> [Action item]: A verbatim reproduction of the lines below, from the line containing "result ≡ list_all" through the line containing "A number, if", both ends included, is the whole required output.

> [Data for this exercise]:

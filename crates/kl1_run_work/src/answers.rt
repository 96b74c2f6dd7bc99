// What is told of a shoen once its run is over.

use crate::asked::ask;
use crate::ending::Ending;
use crate::exceptions::{is_raised, put_exceptions};
use crate::reports::{Reported, reported_by};
use crate::wanted::Wanted;
use kl1_command::UnbookedHost;
use kl1_model::Condition;
use kl1_user_events::{Extent, Query, Reply, ShoenNo};
use std::alloc::{AllocError, Global};

/// What is told of a shoen, as lines.
#[derive(Drop)]
pub struct Answers {
    /// Its goal as started, with what is bound now.
    pub value: Vec<u8>,
    /// Its reports.
    pub reports: Vec<u8>,
    /// The exceptions among them; of those by a limit the first alone, and how many are left out.
    pub exceptions: Vec<u8>,
    /// How it stands.
    pub ending: Ending,
}

/// A shoen's goal as started, with what is bound now, cut or whole.
fn value_text<H: UnbookedHost>(
    alloc: Global,
    host: &mut H,
    shoen: ShoenNo,
    extent: Extent,
) -> Result<Vec<u8>, AllocError> {
    match host.value_text(shoen, extent)? {
        Some(text) => Ok(text),
        None => Ok(Vec::new(alloc)),
    }
}

/// Its line.
fn value_line<H: UnbookedHost>(
    alloc: Global,
    host: &mut H,
    shoen: ShoenNo,
    extent: Extent,
) -> Result<Vec<u8>, AllocError> {
    let mut line = value_text(alloc, host, shoen, extent)?;
    line.push(b'\n')?;
    Ok(line)
}

/// How a shoen of this state stands, by whether no goal can step, whether there were exceptions, and the goals alive.
fn ending_by(condition: Condition, is_quiet: bool, raised: bool, alive: u64) -> Ending {
    match condition {
        Condition::Terminated => {
            if raised {
                Ending::Raised
            } else {
                Ending::Terminated
            }
        }
        Condition::Exhausted => Ending::Exhausted,
        Condition::Aborted | Condition::Stopped | Condition::Running => {
            if !is_quiet {
                Ending::Unfinished
            } else if raised {
                Ending::Raised
            } else {
                Ending::Waits(alive)
            }
        }
    }
}

/// How a shoen stands whose state this reply tells.
fn ending_in(is_quiet: bool, raised: bool, reply: &Reply) -> Ending {
    match reply {
        Reply::Status {
            condition,
            alive,
            ..
        } => ending_by(*condition, is_quiet, raised, *alive),
        _ => Ending::Unfinished,
    }
}

/// How a shoen stands, by whether there were exceptions.
fn ending_of<H: UnbookedHost>(
    host: &mut H,
    shoen: ShoenNo,
    raised: bool,
) -> Result<Ending, AllocError> {
    let reply = ask(host, Query::Status(shoen))?;
    let is_quiet = host.pick().is_none();
    Ok(ending_in(is_quiet, raised, &reply))
}

/// What is told of a shoen, as it is wanted. Nothing changes.
pub fn answers_of<H: UnbookedHost>(
    alloc: Global,
    host: &mut H,
    shoen: ShoenNo,
    wanted: Wanted,
) -> Result<Answers, AllocError> {
    let value = value_line(alloc, host, shoen, wanted.value)?;
    let Reported {
        reports,
        exceptions,
    } = reported_by(alloc, host, shoen)?;
    let ending = ending_of(host, shoen, is_raised(exceptions.as_slice()))?;
    let mut lines = Vec::new(alloc);
    put_exceptions(exceptions.as_slice(), &mut lines)?;
    Ok(Answers {
        value,
        reports,
        exceptions: lines,
        ending,
    })
}
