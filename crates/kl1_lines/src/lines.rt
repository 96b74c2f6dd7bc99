// Lines, and the name in front of one.

ghost use Rattle.std.specs.Prelude.{◌≡◌, ◌+◌, ◌<◌, ◌≤◌, length, take, drop, false, IfSome, IsNone};
ghost use Rattle.kl1_model.specs.Line.{is_blank_line, without_return, line_in, behind_feed, before_space, behind_space};
ghost use Rattle.kl1_lines.specs.Places.{place_of, has_byte, IsSplit};

use crate::words::without_blanks;

/// The place of the first such byte, or how many bytes there are.
fn place_of(byte: u8, text: &[u8]) -> usize
    ensures value { result ≡ place_of byte text.now }
    ensures within { result ≤ length text.now }
{
    let mut place = 0;
    let mut rest = text;
    while let [first, others @ ..] = rest {
        if *first == byte {
            return place;
        }
        place += 1;
        rest = others;
    }
    place
}

/// What is after the byte at a place, nothing if none is there.
fn behind_place(text: &[u8], place: usize) -> &[u8]
    ensures { result.now ≡ drop (place + 1) text.now }
{
    if place < text.len() {
        &text[place + 1..]
    } else {
        &[]
    }
}

/// A line without a carriage return at its end.
pub fn without_return(line: &[u8]) -> &[u8]
    ensures { result.now ≡ without_return line.now }
{
    if line.is_empty() {
        return line;
    }
    let last = line.len() - 1;
    if line[last] == b'\r' {
        &line[..last]
    } else {
        line
    }
}

/// The bytes before the first line feed of a text, and those after it; `None` if there is no line feed.
#[tactic(auto, using(crate::proofs::Splits::split_nowhere))]
pub fn split_feed(text: &[u8]) -> Option<(&[u8], &[u8])>
    ensures none { IsNone result → has_byte 10 text.now ≡ false }
    ensures some { IfSome result (λ r. IsSplit text.now r.0.now r.1.now) }
{
    let place = place_of(b'\n', text);
    if place < text.len() {
        Some((&text[..place], behind_place(text, place)))
    } else {
        None
    }
}

/// The line in front of a text, without its end, and what is after that.
pub fn split_line(text: &[u8]) -> (&[u8], &[u8])
    ensures line { result.0.now ≡ line_in text.now }
    ensures behind { result.1.now ≡ behind_feed text.now }
    ensures within { length result.1.now ≤ length text.now }
    ensures less { 0 < length text.now → length result.1.now < length text.now }
{
    let place = place_of(b'\n', text);
    (without_return(&text[..place]), behind_place(text, place))
}

/// The bytes before the first space of a line, and those after it.
pub fn split_name(line: &[u8]) -> (&[u8], &[u8])
    ensures name { result.0.now ≡ before_space line.now }
    ensures behind { result.1.now ≡ behind_space line.now }
{
    let place = place_of(b' ', line);
    (&line[..place], behind_place(line, place))
}

/// Whether a line has blanks alone.
pub fn is_blank_line(line: &[u8]) -> bool
    ensures { result ≡ is_blank_line line.now }
{
    without_blanks(line).is_empty()
}
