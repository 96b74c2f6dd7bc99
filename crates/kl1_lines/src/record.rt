// The records of a script, one after another.

ghost use Rattle.std.specs.Prelude.{◌≡◌, ◌+◌, [], length, Some};
ghost use Rattle.kl1_model.specs.Record.{records_by, records_of};
ghost use Rattle.kl1_lines.specs.Records.{records_from, IsShorter};

use crate::lines::{is_blank_line, split_line, split_name};
use crate::numbers::source_bytes_in;

/// What is asked of an account.
#[derive(Clone, Copy)]
pub enum Request<'a> {
    /// To load this source.
    Load(&'a [u8]),
    /// To load a source after which other bytes stand, which is refused.
    SpoiledLoad,
    /// What this line says, which is no good load.
    Line(&'a [u8]),
}

/// A record of a script.
#[derive(Clone, Copy)]
pub struct Record<'a> {
    /// The name that it begins with.
    pub name: &'a [u8],
    /// What it asks for.
    pub request: Request<'a>,
    /// What is after it.
    pub rest: &'a [u8],
}

/// The next record of a script.
#[derive(Clone, Copy)]
pub enum NextRecord<'a> {
    /// There is none.
    End,
    /// There is none, as the script ends in the middle of a load.
    Truncated,
    /// This one.
    Found(Record<'a>),
}

/// The next record of what is left of a script.
pub fn next_record(text: &[u8]) -> NextRecord<'_>
    ensures step { records_from result ≡ records_of text.now }
    ensures less { IsShorter (length text.now) result }
{
    let mut rest = text;
    while !rest.is_empty() {
        let (line, behind) = split_line(rest);
        if !is_blank_line(line) {
            let (name, line) = split_name(line);
            return match source_bytes_in(line) {
                Some(count) => load_record(name, count, behind),
                None => NextRecord::Found(Record {
                    name,
                    request: Request::Line(line),
                    rest: behind,
                }),
            };
        }
        rest = behind;
    }
    NextRecord::End
}

/// The record of a load of `count` bytes.
fn load_record<'a>(name: &'a [u8], count: u64, rest: &'a [u8]) -> NextRecord<'a>
    ensures step { records_from result ≡ records_by records_of name.now [] rest.now (Some count) }
    ensures less { IsShorter (length rest.now + 1) result }
{
    let count = count as usize;
    if count > rest.len() {
        return NextRecord::Truncated;
    }
    let (line, behind) = split_line(&rest[count..]);
    let request = if line.is_empty() {
        Request::Load(&rest[..count])
    } else {
        Request::SpoiledLoad
    };
    NextRecord::Found(Record {
        name,
        request,
        rest: behind,
    })
}
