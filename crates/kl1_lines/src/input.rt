// The whole input.

ghost use Rattle.std.specs.Prelude.{◌≡◌, ◌+◌, ◌<◌, ◌≤◌, ℕ, List, length, IfOk, IsErrOf};
ghost use Rattle.std.specs.Io.KnownBytes.{Consumes, IsAtEnd};
ghost use Rattle.kl1_model.specs.declared.limits.TheConstants.{MOST_SCRIPT_BYTES};
ghost use Rattle.kl1_lines.specs.Devices.{AddsPiece, IsWhole, ReadsFew};
ghost use Rattle.kl1_lines.specs.declared.script_fault.ScriptFault.TheVariants as faults;

use crate::script_fault::ScriptFault;
use crate::source::Source;
use kl1_model::limits::MOST_SCRIPT_BYTES;
use std::alloc::Global;

/// The most bytes of one read.
const PIECE: usize = 16_384;

/// Reads once, at most `most` bytes, and puts them after the others. Answers how many.
fn read_piece<S: Source>(
    source: &mut S,
    bytes: &mut Vec<u8>,
    most: usize,
) -> Result<usize, ScriptFault>
    requires { 0 < most }
    ensures ok { IfOk result (λ n. AddsPiece (S.remaining source.old) (S.remaining source.new) bytes.old.items bytes.new.items n) }
    ensures most { IfOk result (λ n. n ≤ most) }
    ensures read { IsErrOf result faults.Read → S.failures source.old < S.failures source.new }
    ensures not_read { (IsErrOf result faults.Read → ⊥) → S.failures source.new ≡ S.failures source.old }
    ensures few { ReadsFew (S.remaining source.old) (S.remaining source.new) most }
    ensures not_long { IsErrOf result faults.TooLong → ⊥ }
    ensures not_write { IsErrOf result faults.Write → ⊥ }
{
    let mut piece = [0u8; PIECE];
    let size = most.min(PIECE);
    match source.read(&mut piece[..size]) {
        Ok(count) => match bytes.extend_from_slice(&piece[..count]) {
            Ok(()) => Ok(count),
            Err(_) => Err(ScriptFault::Memory),
        },
        Err(_) => Err(ScriptFault::Read),
    }
}

/// Reads all there is, if a script may have that many bytes. No byte after the first one too many is read.
pub fn read_all<S: Source>(alloc: Global, source: &mut S) -> Result<Vec<u8>, ScriptFault>
    ensures ok { IfOk result (λ bytes. IsWhole (S.remaining source.old) (S.remaining source.new) bytes.items) }
    ensures small { IfOk result (λ bytes. length bytes.items ≤ MOST_SCRIPT_BYTES) }
    ensures read { IsErrOf result faults.Read → S.failures source.old < S.failures source.new }
    ensures not_read { (IsErrOf result faults.Read → ⊥) → S.failures source.new ≡ S.failures source.old }
    ensures too_long { IsErrOf result faults.TooLong → (bytes : List ℕ) × (length bytes ≡ MOST_SCRIPT_BYTES + 1) × Consumes (S.remaining source.old) (S.remaining source.new) bytes }
    ensures few { ReadsFew (S.remaining source.old) (S.remaining source.new) (MOST_SCRIPT_BYTES + 1) }
    ensures not_write { IsErrOf result faults.Write → ⊥ }
{
    let mut bytes = Vec::new(alloc);
    while bytes.len() <= MOST_SCRIPT_BYTES {
        let room = MOST_SCRIPT_BYTES + 1 - bytes.len();
        if read_piece(source, &mut bytes, room)? == 0 {
            return Ok(bytes);
        }
    }
    Err(ScriptFault::TooLong)
}
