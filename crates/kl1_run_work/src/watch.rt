// What is told of a run while it goes on.

/// What is told of a run while it goes on.
pub trait Watch {
    /// Whether something is to be told now.
    fn is_due(&mut self) -> bool;

    /// Takes the reductions that the shoen was charged, and how many goals are alive in it and below it.
    fn tell(&mut self, charged: u64, alive: u64);
}
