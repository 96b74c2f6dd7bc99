// Why work is not done to its end.

use kl1_user_events::Refusal;

/// Why work is not done to its end.
#[derive(Clone, Copy)]
pub enum Stop {
    /// The source of this place, from 0, is refused.
    Source { place: usize, refusal: Refusal },
    /// The goal is refused.
    Goal(Refusal),
    /// Memory was refused.
    Memory,
    /// A write failed.
    Write,
}
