// Sources that are loaded.

use crate::source_file::SourceFile;
use crate::stop::Stop;
use kl1_command::UnbookedHost;
use kl1_user_events::{Event, Refusal, Reply};
use std::alloc::{AllocError, Global};

/// Why a reply refuses, if it does.
pub(crate) fn refusal_in(reply: &Reply) -> Option<Refusal> {
    match reply {
        Reply::Refused(refusal) => Some(*refusal),
        _ => None,
    }
}

/// Loads a source, or answers why it is refused.
fn load<H: UnbookedHost>(
    alloc: Global,
    host: &mut H,
    text: &[u8],
) -> Result<Option<Refusal>, AllocError> {
    let source = Vec::from_slice(alloc, text)?;
    let reply = host.apply(&Event::Load { source })?;
    Ok(refusal_in(&reply))
}

/// Loads the sources in order, until one is refused.
pub(crate) fn load_each<H: UnbookedHost>(
    alloc: Global,
    host: &mut H,
    files: &[SourceFile],
) -> Result<(), Stop> {
    for (place, file) in files.iter().enumerate() {
        match load(alloc, host, file.text.as_slice()) {
            Ok(None) => {}
            Ok(Some(refusal)) => return Err(Stop::Source { place, refusal }),
            Err(_) => return Err(Stop::Memory),
        }
    }
    Ok(())
}
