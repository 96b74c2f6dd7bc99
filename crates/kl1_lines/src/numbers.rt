// The numbers of a line.

ghost use Rattle.std.specs.Prelude.{◌≡◌};
ghost use Rattle.std.specs.List.{list_all};
ghost use Rattle.kl1_model.specs.Line.{number_in, up_to, only_number};
ghost use Rattle.kl1_model.specs.Record.{source_bytes_in};
ghost use Rattle.kl1_model.specs.Token.{is_digit};

use crate::lines::is_blank_line;
use crate::words::{is_same, split_word};
use kl1_model::limits::{MOST_COMMAND_BYTES, MOST_DIGITS, MOST_SOURCE_BYTES, NUMBER_LIMIT};
use kl1_text::decimal_up_to;

#[tactic(auto, using(crate::proofs::Digits::digits_write))]
/// The number that a word is: digits, at least one and not too many, of a value below the limit of numbers.
pub fn number_in(word: &[u8]) -> Option<u64>
    ensures { result ≡ number_in word.now }
{
    if word.is_empty() || word.len() > MOST_DIGITS {
        return None;
    }
    if are_digits(word) {
        decimal_up_to(NUMBER_LIMIT - 1, word)
    } else {
        None
    }
}

/// Whether a byte is a decimal digit.
fn is_digit(byte: u8) -> bool
    ensures { result ≡ is_digit byte }
{
    b'0' <= byte && byte <= b'9'
}

/// Whether bytes are decimal digits alone.
fn are_digits(bytes: &[u8]) -> bool
    ensures { result ≡ list_all is_digit bytes.now }
{
    bytes.iter().all(|byte| is_digit(*byte))
}

/// The one number that a line has.
pub fn only_number(line: &[u8]) -> Option<u64>
    ensures { result ≡ only_number line.now }
{
    let (word, behind) = split_word(line);
    if is_blank_line(behind) {
        number_in(word)
    } else {
        None
    }
}

/// A number, if it is at most `most`.
pub fn up_to(most: u64, number: Option<u64>) -> Option<u64>
    ensures { result ≡ up_to most number }
{
    match number {
        None => None,
        Some(n) => if n <= most { Some(n) } else { None },
    }
}

/// How many bytes the source has that follows a line, if the line is a good load.
pub fn source_bytes_in(line: &[u8]) -> Option<u64>
    ensures { result ≡ source_bytes_in line.now }
{
    if line.len() > MOST_COMMAND_BYTES {
        return None;
    }
    let (word, rest) = split_word(line);
    if is_same(word, b"load") {
        up_to(MOST_SOURCE_BYTES as u64, only_number(rest))
    } else {
        None
    }
}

> [Solution to this task]:
    ensures { result ≡ list_all is_digit bytes.now }
{
    bytes.iter().all(|byte| is_digit(*byte))
}

/// The one number that a line has.
pub fn only_number(line: &[u8]) -> Option<u64>
    ensures { result ≡ only_number line.now }
{
    let (word, behind) = split_word(line);
    if is_blank_line(behind) {
        number_in(word)
    } else {
        None
    }
}

/// A number, if it is at most `most`.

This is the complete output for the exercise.